Produce exactly the lines starting at the one containing "pub mod examples;" and ending at the last line of the material, with nothing added.

Input for this task:
-=-=-

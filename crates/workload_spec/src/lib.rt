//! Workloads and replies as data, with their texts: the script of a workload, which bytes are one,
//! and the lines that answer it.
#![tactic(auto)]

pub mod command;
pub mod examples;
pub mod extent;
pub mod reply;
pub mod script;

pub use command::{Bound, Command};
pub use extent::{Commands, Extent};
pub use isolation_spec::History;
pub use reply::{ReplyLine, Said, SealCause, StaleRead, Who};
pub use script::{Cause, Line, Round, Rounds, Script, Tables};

-=-=-

Written response:
pub mod examples;
pub mod extent;
pub mod reply;
pub mod script;

pub use command::{Bound, Command};
pub use extent::{Commands, Extent};
pub use isolation_spec::History;
pub use reply::{ReplyLine, Said, SealCause, StaleRead, Who};
pub use script::{Cause, Line, Round, Rounds, Script, Tables};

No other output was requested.